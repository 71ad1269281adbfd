//! Laws of values and of effects, each the contract of a function that does nothing.

ghost use Rattle.dali_words.specs.Laws.{UnpacksWhatWasPacked, WritesOnce, ApartCommute};

/// A value comes back from the five words that it was packed into.
pub fn unpacks_what_was_packed()
    ensures { UnpacksWhatWasPacked }
{}

/// Writing new words over a set of words twice is writing them once.
pub fn writing_twice_is_writing_once()
    ensures { WritesOnce }
{}

/// Two effects that depend on what they read alone, and of which neither writes a word that the other
/// reads, do the same in either order.
pub fn effects_apart_commute()
    ensures { ApartCommute }
{}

--- The problem ---
Find the line that contains "pub fn effects_apart_commute()" in the listing above. Retype it and every line after it up to the last, exactly, and nothing else.

--- Answer to this problem ---
pub fn effects_apart_commute()
    ensures { ApartCommute }
{}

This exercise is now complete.